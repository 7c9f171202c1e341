//! The captures of a parser before its first step.
ghost use Rattle.std.specs.Prelude.{◌≡◌, ◌<◌, ◌≤◌, ◌+◌, ◌*◌, ℕ, IfOk, length};
ghost use Rattle.summary_spec.specs.Job.{declared_of};
ghost use Rattle.parser_captures.specs.declared.capture.OneCapture.{OneCapture as CaptureSeen};
ghost use Rattle.parser_captures.specs.Choice.{capture_in};
ghost use Rattle.parser_steps.specs.One.{IsUnread, IsFreshCapture};

use ds_base::OutOfMemory;
use parser_captures::OneCapture;
use std::alloc::Global;
use summary_spec::Job;

/// The captures of the parser of this number among so many, of which nothing was read.
pub(crate) fn new_captures(
    alloc: Global,
    job: &Job,
    me: u32,
    parsers: u32,
    count: u64,
) -> Result<Vec<OneCapture>, OutOfMemory>
    requires few { (parsers ≤ 16) × (count ≤ 64) × (length job.now.names.captures.items ≤ 64) }
    requires own { (i : ℕ) → i < count → me + i * parsers < length job.now.names.captures.items }
    ensures count { IfOk result (λ captures. length captures.items ≡ count) }
    ensures fresh { IfOk result (λ captures. (i : ℕ) (d : CaptureSeen) → i < count → IsFreshCapture (declared_of job.now) (me + i * parsers) (capture_in captures.items i d)) }
{
    let Ok(mut captures) = Vec::with_capacity(alloc, count as usize) else {
        return Err(OutOfMemory);
    };
    'captures: for i in 0..count {
        captures.push_reserved(new_capture(alloc, job, me + i as u32 * parsers)?);
    }
    Ok(captures)
}

// One capture, of which nothing was read.
fn new_capture(alloc: Global, job: &Job, capture: u32) -> Result<OneCapture, OutOfMemory>
    requires { capture < length job.now.names.captures.items }
    ensures { IfOk result (λ new. IsFreshCapture (declared_of job.now) capture new) }
{
    let new = OneCapture::new(alloc, job, capture)?;
    // It holds nothing, since nothing was read; here the number tells it.
    if new.reading.held() > 0 {
        return Err(OutOfMemory);
    }
    Ok(new)
}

• _Brief_: Copy task. Give back the whole listing exactly as written.

• _The answer_:
repository 7c9f171202c1e341
//! The captures of a parser before its first step.
ghost use Rattle.std.specs.Prelude.{◌≡◌, ◌<◌, ◌≤◌, ◌+◌, ◌*◌, ℕ, IfOk, length};
ghost use Rattle.summary_spec.specs.Job.{declared_of};
ghost use Rattle.parser_captures.specs.declared.capture.OneCapture.{OneCapture as CaptureSeen};
ghost use Rattle.parser_captures.specs.Choice.{capture_in};
ghost use Rattle.parser_steps.specs.One.{IsUnread, IsFreshCapture};

use ds_base::OutOfMemory;
use parser_captures::OneCapture;
use std::alloc::Global;
use summary_spec::Job;

/// The captures of the parser of this number among so many, of which nothing was read.
pub(crate) fn new_captures(
    alloc: Global,
    job: &Job,
    me: u32,
    parsers: u32,
    count: u64,
) -> Result<Vec<OneCapture>, OutOfMemory>
    requires few { (parsers ≤ 16) × (count ≤ 64) × (length job.now.names.captures.items ≤ 64) }
    requires own { (i : ℕ) → i < count → me + i * parsers < length job.now.names.captures.items }
    ensures count { IfOk result (λ captures. length captures.items ≡ count) }
    ensures fresh { IfOk result (λ captures. (i : ℕ) (d : CaptureSeen) → i < count → IsFreshCapture (declared_of job.now) (me + i * parsers) (capture_in captures.items i d)) }
{
    let Ok(mut captures) = Vec::with_capacity(alloc, count as usize) else {
        return Err(OutOfMemory);
    };
    'captures: for i in 0..count {
        captures.push_reserved(new_capture(alloc, job, me + i as u32 * parsers)?);
    }
    Ok(captures)
}

// One capture, of which nothing was read.
fn new_capture(alloc: Global, job: &Job, capture: u32) -> Result<OneCapture, OutOfMemory>
    requires { capture < length job.now.names.captures.items }
    ensures { IfOk result (λ new. IsFreshCapture (declared_of job.now) capture new) }
{
    let new = OneCapture::new(alloc, job, capture)?;
    // It holds nothing, since nothing was read; here the number tells it.
    if new.reading.held() > 0 {
        return Err(OutOfMemory);
    }
    Ok(new)
}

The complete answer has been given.